* _YOUR ASSIGNMENT_
Before you finish, make sure every line below has been written out exactly.
**** RECORD EXCERPTS ****
// The dearest write, for programs in C.
ghost use Rattle.std.specs.Prelude.{◌≡◌};
ghost use Rattle.c_buffers.specs.Buffers.{geometry_of};
ghost use Rattle.flash_store.specs.Dearest.{dearest_handed, dearest_lent};

use crate::BAD_BUFFER;
use geometry::Geometry;

// Tells the fate words and the cycles of the dearest write with so many failed fills. c/flash_store.h says what is lent.
#[unsafe(no_mangle)]
pub extern "C" fn flash_store_dearest_write(
    main: usize,
    spare: usize,
    pages: usize,
    blocks: usize,
    logical: usize,
    failed: usize,
    words: &mut [u32],
    cycles: &mut [usize],
) -> usize
    ensures { dearest_handed result words.new cycles.new ≡ dearest_lent (geometry_of main spare pages blocks logical) failed words.old cycles.old }
{
    if cycles.len() != 1 {
        return BAD_BUFFER;
    }
    let g = Geometry {
        main,
        spare,
        pages,
        blocks,
        logical,
    };
    match dearest::dearest_write(g, failed, words) {
        Ok(sent) => {
            cycles[0] = sent;
            0
        }
        Err(refusal) => {
            cycles[0] = 0;
            refusal.number()
        }
    }
}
****
* _EXPECTED ANSWER_
// The dearest write, for programs in C.
ghost use Rattle.std.specs.Prelude.{◌≡◌};
ghost use Rattle.c_buffers.specs.Buffers.{geometry_of};
ghost use Rattle.flash_store.specs.Dearest.{dearest_handed, dearest_lent};

use crate::BAD_BUFFER;
use geometry::Geometry;

// Tells the fate words and the cycles of the dearest write with so many failed fills. c/flash_store.h says what is lent.
#[unsafe(no_mangle)]
pub extern "C" fn flash_store_dearest_write(
    main: usize,
    spare: usize,
    pages: usize,
    blocks: usize,
    logical: usize,
    failed: usize,
    words: &mut [u32],
    cycles: &mut [usize],
) -> usize
    ensures { dearest_handed result words.new cycles.new ≡ dearest_lent (geometry_of main spare pages blocks logical) failed words.old cycles.old }
{
    if cycles.len() != 1 {
        return BAD_BUFFER;
    }
    let g = Geometry {
        main,
        spare,
        pages,
        blocks,
        logical,
    };
    match dearest::dearest_write(g, failed, words) {
        Ok(sent) => {
            cycles[0] = sent;
            0
        }
        Err(refusal) => {
            cycles[0] = 0;
            refusal.number()
        }
    }
}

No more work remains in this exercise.